I want to update my database without refreshing the page when selecting an option from my drop down menu. So I will use Ajax. The problem is that without refreshing the page and without seeing the PHP code running, I cannot see if there are any errors in my code in order to fix them. Is there any way to see the data that I pass when selecting an option from my drop down to my PHP file, and see any errors the PHP file reports when processing that data?
I have tried to check the console of my browser but it doesn't display anything.
My drop down:
echo "<select id='vacationId' name='vacationId' style='background:lightblue'>
<option selected='selected' value='' style='background:lightblue'></option>
<option value='" . $vacationIdP . "' style='background:lightblue'>P</option>
<option value='" . $vacationIdO . "' style='background:lightblue'>O</option>
<option value='" . $vacationIdA . "' style='background:lightblue'>A</option>
<option value='" . $vacationIdR . "' style='background:lightblue'>R</option>
</select>";
Ajax code to pass the option Value to a PHP file:
$('#vacationId').change(function(){
var option = $('#vacationId').val();
console.log(option);
$.ajax({
type: 'GET',
url: 'saveVV.php',
data:
{
option:option // Does this pass the value of the option ?

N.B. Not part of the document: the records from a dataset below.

//! The rules of the table of lock notes.
ghost use Rattle.std.specs.Prelude.{◌≡◌, ◌&&◌, nat_le, IfOk};
ghost use Rattle.std.specs.List.{list_all};
ghost use Rattle.keycard_rules.specs.declared.note.TheConstants.{LAST_SECOND};
ghost use Rattle.hotel_model.specs.SoundNotes.{act_fits, has_link_at};
ghost use Rattle.hotel_model.specs.SoundRooms.{is_day};
ghost use Rattle.hotel_rows.specs.Damage.{are_note_columns, note_holds};
ghost use Rattle.hotel_rows.specs.Stored.{rows_of, number_of, note_row};
ghost use Rattle.hotel_rows.specs.Places.{AreOf};
ghost use Rattle.hotel_rows.specs.RowTests.{plain_note_fits};

use crate::damage::by_key::{Places, card_at, note_keys, room_at};
use crate::damage::codes::{stands_at, stands_later};
use crate::damage::note_runs::{rooms_have_counts, runs_of};
use crate::damage::numbers::{NO_NUMBER, number, number_if, rise_in_pairs};
use crate::stored::{PlainNote, Stored};
use keycard_rules::{LAST_DAY, LAST_SECOND, Memory};
use std::alloc::Global;

/// Whether the card of the number has this link, which stands at the room.
fn has_link_at(places: &Places, stored: &Stored, room: u64, named: u64, old: u64, new: u64) -> bool
    requires { AreOf places.now stored.now }
    ensures { result ≡ has_link_at (rows_of stored.now) room named (record { old_code = old; new_code = new }) }
{
    let Some(card) = card_at(places, stored, named) else {
        return false;
    };
    if number(card.old_code) != old || number(card.new_code) != new {
        return false;
    }
    stands_at(places, stored, room, old, new)
}

/// Whether the note has a card exactly where one entered or left.
fn has_columns(note: &PlainNote) -> bool
    ensures { result ≡ are_note_columns note.now }
{
    let act = number(note.act);
    if act > 2 {
        return false;
    }
    if note.card.is_some() {
        return act <= 1;
    }
    act == 2
}

fn act_fits(places: &Places, stored: &Stored, note: &PlainNote) -> bool
    requires { AreOf places.now stored.now }
    ensures { result ≡ act_fits (rows_of stored.now) (number_of note.now.room) (note_row note.now).act }
{
    let act = number(note.act);
    let room = number(note.room);
    let card = number_if(note.card).unwrap_or(NO_NUMBER);
    let first = number(note.first_code);
    let second = number(note.second_code);
    if act == 0 || act == 1 {
        return has_link_at(places, stored, room, card, first, second);
    }
    stands_later(places, stored, room, first, second)
}

fn has_time(note: &PlainNote) -> bool
    ensures { result ≡ (is_day (number_of note.now.day) && nat_le (number_of note.now.second) LAST_SECOND) }
{
    number(note.day) <= u64::from(LAST_DAY) && number(note.second) <= u64::from(LAST_SECOND)
}

/// Whether the note fits the cards and codes of its room, and its time is one.
fn note_fits(places: &Places, stored: &Stored, note: &PlainNote) -> bool
    requires { AreOf places.now stored.now }
    ensures { result ≡ plain_note_fits (rows_of stored.now) note.now }
{
    if !has_columns(note) {
        return false;
    }
    if room_at(places, stored, number(note.room)).is_none() {
        return false;
    }
    if !act_fits(places, stored, note) {
        return false;
    }
    has_time(note)
}

/// Whether each note fits.
pub(crate) fn notes_fit(places: &Places, stored: &Stored) -> bool
    requires { AreOf places.now stored.now }
    ensures { result ≡ list_all (plain_note_fits (rows_of stored.now)) stored.now.note.items }
{
    for i in 0..stored.note.len() {
        if !note_fits(places, stored, &stored.note[i]) {
            return false;
        }
    }
    true
}

/// Whether the rules of the table of notes hold.
pub(crate) fn notes_hold(alloc: Global, places: &Places, stored: &Stored) -> Result<bool, Memory>
    requires { AreOf places.now stored.now }
    ensures { IfOk result (λ hold. hold ≡ note_holds stored.now) }
{
    let keys = note_keys(alloc, &stored.note)?;
    if !rise_in_pairs(&keys) {
        return Ok(false);
    }
    let runs = runs_of(alloc, &stored.note)?;
    if !notes_fit(places, stored) {
        return Ok(false);
    }
    Ok(rooms_have_counts(&runs, stored))
}
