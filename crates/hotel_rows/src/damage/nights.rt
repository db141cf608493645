//! The nights that the stays take, against the rooms that there are.
ghost use Rattle.std.specs.Prelude.{◌≡◌, true};
ghost use Rattle.std.specs.List.{list_all};
ghost use Rattle.hotel_rows.specs.declared.stored.Stored.{Stored as Rows};
ghost use Rattle.hotel_rows.specs.RowTests.{has_night};
ghost use Rattle.hotel_rows.specs.Counts.{IsCountedOf, tells_night};

use crate::counts::Counts;
use crate::damage::numbers::number;
use crate::stored::{PlainStay, Stored};
use crate::values::{day, kind_code};

/// Whether a stay's kind has a room for it on its first night.
fn has_night(counts: &Counts, stay: &PlainStay) -> bool
    requires { tells_night counts.now stay.now ≡ true }
    ensures { (s : Rows) → IsCountedOf s counts.now → result ≡ has_night s stay.now }
{
    let Ok(kind) = kind_code(stay.kind.as_str()) else {
        unreachable!();
    };
    let arrive = number(stay.arrive);
    let Ok(first) = day(arrive) else {
        unreachable!();
    };
    let Ok(next) = day(arrive + 1) else {
        unreachable!();
    };
    let more = counts.kinds.rooms(&kind) + 1;
    let full = counts.nights.full_night(&kind, more, first, next);
    full.is_none()
}

/// Whether on the first night of each stay its kind isn't taken by more stays than it has rooms.
pub(crate) fn nights_fit(counts: &Counts, stored: &Stored) -> bool
    requires counted { IsCountedOf stored.now counts.now }
    requires told { list_all (tells_night counts.now) stored.now.stay.items ≡ true }
    ensures { result ≡ list_all (has_night stored.now) stored.now.stay.items }
{
    for i in 0..stored.stay.len() {
        if !has_night(counts, &stored.stay[i]) {
            return false;
        }
    }
    true
}
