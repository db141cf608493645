//! The two causes of a failed call of the books: what is counted of each, and what it is answered as.
use hotel_scenarios::desks::Desk;
use keycard_rules::LookFault;
use stopping_books::StoppingBooks;

pub(crate) static CAUSES: [LookFault; 2] = [LookFault::Memory, LookFault::Store];

/// The desk over its books, of which the call of this number fails for this cause; none does where it is 0.
pub(crate) fn stopping(desk: Desk, call: u64, cause: LookFault) -> Desk<StoppingBooks> {
    Desk {
        alloc: desk.alloc,
        books: StoppingBooks::new(desk.books, call, cause),
        source: desk.source,
    }
}

/// Which failures were counted: of memory, of the store.
pub(crate) fn counts(books: &StoppingBooks) -> (u64, u64) {
    (
        books.failures(LookFault::Memory),
        books.failures(LookFault::Store),
    )
}

/// Which are counted where one call failed for this cause, or none did.
pub(crate) fn counts_of(failed: Option<LookFault>) -> (u64, u64) {
    match failed {
        None => (0, 0),
        Some(LookFault::Memory) => (1, 0),
        Some(LookFault::Store) => (0, 1),
    }
}

/// The refusal that a command or a list has where a call failed for this cause.
pub(crate) fn refusal_of(cause: LookFault) -> &'static [u8] {
    match cause {
        LookFault::Memory => b"refused 29 Memory\n",
        LookFault::Store => b"refused 30 Store\n",
    }
}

// Can I access this in my PHP file with $vacationId = $_GET['option'];
}
}).done(function(resp){
if(resp == 200) {
console.log('Success!');
}else if(resp == 0){
console.log('Failed..');
}
});
});
What I want is to pass the Value of the selected option to my PHP file and then do some processing to it in PHP. And I want to see that I pass the correct info to my PHP file. And I would like to see the PHP code running with that info and maybe displaying some errors.